# [What to produce]
Return, from the lines below, each one that includes the word "beside".

# [Data section]
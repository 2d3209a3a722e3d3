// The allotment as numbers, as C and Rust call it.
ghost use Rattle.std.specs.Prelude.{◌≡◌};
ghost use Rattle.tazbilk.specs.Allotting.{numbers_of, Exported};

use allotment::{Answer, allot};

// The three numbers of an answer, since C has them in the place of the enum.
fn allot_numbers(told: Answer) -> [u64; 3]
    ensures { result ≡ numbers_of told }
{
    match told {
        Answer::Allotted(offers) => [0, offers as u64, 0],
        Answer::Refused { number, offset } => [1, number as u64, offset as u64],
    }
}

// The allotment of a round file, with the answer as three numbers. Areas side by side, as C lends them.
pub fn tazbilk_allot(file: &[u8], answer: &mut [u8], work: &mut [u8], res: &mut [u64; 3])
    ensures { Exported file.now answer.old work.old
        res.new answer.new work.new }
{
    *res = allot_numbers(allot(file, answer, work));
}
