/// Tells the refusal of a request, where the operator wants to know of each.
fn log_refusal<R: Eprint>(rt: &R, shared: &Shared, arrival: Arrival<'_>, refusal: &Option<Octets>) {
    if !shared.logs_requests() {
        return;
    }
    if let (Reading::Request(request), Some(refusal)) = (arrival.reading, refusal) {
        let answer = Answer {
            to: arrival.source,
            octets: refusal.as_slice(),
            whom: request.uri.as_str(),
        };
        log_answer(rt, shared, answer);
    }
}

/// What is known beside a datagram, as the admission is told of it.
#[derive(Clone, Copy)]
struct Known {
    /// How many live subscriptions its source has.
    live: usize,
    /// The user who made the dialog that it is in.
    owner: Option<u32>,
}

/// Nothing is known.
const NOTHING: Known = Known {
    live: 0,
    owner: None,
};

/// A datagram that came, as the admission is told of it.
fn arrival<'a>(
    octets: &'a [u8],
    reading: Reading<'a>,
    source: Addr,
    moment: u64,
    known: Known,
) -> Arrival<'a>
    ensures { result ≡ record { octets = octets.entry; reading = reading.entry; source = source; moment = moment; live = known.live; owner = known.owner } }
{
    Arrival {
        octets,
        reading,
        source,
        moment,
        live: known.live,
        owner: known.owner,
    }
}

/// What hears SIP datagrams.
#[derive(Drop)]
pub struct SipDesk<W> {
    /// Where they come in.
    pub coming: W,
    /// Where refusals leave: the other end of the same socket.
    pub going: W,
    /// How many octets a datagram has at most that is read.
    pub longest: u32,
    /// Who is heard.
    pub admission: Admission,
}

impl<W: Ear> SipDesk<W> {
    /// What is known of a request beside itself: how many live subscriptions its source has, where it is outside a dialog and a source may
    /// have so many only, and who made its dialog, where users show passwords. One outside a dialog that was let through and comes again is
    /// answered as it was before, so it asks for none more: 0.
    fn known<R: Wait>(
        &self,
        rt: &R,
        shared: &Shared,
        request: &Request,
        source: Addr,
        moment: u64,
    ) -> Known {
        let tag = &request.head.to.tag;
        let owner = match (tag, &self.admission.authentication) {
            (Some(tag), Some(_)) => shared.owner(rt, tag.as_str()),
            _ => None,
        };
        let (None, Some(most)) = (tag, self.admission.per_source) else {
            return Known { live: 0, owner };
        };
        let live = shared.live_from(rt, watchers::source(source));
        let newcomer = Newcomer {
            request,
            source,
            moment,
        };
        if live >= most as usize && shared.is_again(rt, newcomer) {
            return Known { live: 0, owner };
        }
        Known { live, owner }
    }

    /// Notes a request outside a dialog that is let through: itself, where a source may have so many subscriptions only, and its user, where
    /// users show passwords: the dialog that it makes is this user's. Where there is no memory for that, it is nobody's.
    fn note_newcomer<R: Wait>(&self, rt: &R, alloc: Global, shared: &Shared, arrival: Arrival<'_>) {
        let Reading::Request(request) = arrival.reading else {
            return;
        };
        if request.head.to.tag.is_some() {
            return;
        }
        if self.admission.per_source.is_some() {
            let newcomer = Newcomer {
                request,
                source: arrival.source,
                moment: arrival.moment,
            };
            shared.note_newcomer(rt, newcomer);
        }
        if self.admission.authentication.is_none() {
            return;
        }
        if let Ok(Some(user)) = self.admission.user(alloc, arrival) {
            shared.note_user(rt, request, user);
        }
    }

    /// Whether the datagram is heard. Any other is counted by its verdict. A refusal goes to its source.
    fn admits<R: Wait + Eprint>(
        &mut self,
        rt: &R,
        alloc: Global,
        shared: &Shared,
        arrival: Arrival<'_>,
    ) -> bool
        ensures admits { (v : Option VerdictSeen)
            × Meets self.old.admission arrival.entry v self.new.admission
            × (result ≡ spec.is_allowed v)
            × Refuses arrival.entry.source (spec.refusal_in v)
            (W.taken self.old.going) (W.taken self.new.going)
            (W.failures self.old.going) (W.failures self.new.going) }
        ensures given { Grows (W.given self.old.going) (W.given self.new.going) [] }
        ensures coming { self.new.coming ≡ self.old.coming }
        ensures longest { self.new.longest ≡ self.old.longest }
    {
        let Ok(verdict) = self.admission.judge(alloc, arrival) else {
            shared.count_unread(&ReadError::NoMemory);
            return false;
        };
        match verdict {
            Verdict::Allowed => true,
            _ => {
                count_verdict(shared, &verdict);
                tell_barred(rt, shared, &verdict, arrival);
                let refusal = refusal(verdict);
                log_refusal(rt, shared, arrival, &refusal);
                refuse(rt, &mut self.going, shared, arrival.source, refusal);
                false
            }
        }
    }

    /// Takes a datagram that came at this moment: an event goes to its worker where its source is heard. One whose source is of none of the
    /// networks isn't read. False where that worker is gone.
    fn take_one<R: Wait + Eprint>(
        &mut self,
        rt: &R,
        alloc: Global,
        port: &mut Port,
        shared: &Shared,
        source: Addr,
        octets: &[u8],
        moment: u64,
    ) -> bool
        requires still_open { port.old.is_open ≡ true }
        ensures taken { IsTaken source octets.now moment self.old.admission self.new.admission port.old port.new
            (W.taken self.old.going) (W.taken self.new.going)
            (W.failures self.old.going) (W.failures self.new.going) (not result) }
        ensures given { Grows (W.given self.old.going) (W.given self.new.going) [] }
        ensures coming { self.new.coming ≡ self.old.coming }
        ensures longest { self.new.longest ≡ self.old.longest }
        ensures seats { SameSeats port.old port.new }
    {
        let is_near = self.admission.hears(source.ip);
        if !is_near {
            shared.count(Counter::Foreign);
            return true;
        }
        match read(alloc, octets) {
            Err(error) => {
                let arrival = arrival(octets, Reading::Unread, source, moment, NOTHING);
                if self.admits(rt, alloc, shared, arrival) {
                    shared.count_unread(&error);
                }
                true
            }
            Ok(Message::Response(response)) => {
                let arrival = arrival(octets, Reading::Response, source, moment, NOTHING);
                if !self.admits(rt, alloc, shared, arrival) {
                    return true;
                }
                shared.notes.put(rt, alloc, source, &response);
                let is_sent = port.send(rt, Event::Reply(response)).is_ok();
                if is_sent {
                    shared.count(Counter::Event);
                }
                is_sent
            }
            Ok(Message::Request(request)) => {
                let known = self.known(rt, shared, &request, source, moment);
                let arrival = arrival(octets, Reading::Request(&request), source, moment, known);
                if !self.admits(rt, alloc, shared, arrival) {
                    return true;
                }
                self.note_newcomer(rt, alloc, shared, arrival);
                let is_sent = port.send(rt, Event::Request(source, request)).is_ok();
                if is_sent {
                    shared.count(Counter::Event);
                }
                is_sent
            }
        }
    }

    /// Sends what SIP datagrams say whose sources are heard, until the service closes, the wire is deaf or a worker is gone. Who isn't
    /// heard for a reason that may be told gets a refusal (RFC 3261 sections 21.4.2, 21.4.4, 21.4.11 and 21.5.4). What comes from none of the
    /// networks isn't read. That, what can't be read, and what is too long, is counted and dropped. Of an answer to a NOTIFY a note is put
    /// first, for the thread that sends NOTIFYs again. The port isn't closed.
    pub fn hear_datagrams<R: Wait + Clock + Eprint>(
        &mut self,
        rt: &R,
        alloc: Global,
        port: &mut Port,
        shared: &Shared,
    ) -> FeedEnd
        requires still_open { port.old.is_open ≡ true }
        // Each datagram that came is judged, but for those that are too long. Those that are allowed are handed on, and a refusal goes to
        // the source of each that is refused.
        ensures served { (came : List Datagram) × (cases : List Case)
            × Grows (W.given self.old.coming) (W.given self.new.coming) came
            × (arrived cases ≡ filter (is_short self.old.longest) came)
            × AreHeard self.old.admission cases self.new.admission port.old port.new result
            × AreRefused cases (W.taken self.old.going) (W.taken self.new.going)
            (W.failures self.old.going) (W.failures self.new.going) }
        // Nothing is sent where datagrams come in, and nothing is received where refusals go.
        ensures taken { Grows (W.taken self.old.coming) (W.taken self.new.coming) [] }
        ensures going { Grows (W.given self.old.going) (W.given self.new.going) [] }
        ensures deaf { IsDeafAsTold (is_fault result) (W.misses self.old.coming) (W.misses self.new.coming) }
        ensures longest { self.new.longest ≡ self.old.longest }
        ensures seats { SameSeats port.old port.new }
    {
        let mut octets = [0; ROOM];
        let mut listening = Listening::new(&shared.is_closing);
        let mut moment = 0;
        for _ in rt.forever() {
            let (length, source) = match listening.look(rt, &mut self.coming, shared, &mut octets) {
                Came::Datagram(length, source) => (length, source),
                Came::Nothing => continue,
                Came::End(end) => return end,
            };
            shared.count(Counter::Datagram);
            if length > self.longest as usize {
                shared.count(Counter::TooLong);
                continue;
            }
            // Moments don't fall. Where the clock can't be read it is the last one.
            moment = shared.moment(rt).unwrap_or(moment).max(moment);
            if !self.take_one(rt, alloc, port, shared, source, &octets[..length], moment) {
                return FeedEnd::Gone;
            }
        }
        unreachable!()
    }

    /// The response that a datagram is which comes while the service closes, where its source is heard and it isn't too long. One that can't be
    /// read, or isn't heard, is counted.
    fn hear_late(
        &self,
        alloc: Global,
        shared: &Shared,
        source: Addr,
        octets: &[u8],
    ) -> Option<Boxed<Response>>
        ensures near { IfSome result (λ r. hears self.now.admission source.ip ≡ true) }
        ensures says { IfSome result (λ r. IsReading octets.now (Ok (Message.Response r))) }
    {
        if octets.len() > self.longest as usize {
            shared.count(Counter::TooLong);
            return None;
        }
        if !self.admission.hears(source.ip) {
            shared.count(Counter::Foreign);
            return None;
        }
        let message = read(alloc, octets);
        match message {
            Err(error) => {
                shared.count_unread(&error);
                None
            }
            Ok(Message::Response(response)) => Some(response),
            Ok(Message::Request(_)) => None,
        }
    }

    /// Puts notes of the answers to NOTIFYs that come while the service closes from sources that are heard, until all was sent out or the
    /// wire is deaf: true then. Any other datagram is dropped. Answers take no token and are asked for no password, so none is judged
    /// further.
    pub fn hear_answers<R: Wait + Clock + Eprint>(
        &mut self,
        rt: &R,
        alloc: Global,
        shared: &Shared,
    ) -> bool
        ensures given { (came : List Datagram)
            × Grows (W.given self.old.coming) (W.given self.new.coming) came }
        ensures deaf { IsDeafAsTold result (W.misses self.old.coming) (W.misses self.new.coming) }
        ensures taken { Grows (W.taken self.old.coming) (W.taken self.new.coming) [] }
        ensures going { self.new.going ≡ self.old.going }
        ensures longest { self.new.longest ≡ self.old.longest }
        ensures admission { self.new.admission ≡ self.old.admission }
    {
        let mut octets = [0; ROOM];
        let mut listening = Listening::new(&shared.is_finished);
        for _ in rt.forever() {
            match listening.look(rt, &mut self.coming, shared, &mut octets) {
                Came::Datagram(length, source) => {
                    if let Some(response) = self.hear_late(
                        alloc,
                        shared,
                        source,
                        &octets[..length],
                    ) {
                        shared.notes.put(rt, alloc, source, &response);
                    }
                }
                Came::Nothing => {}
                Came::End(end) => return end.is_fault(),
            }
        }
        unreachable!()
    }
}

# [Response to the exercise]
/// What is known beside a datagram, as the admission is told of it.
    /// What is known of a request beside itself: how many live subscriptions its source has, where it is outside a dialog and a source may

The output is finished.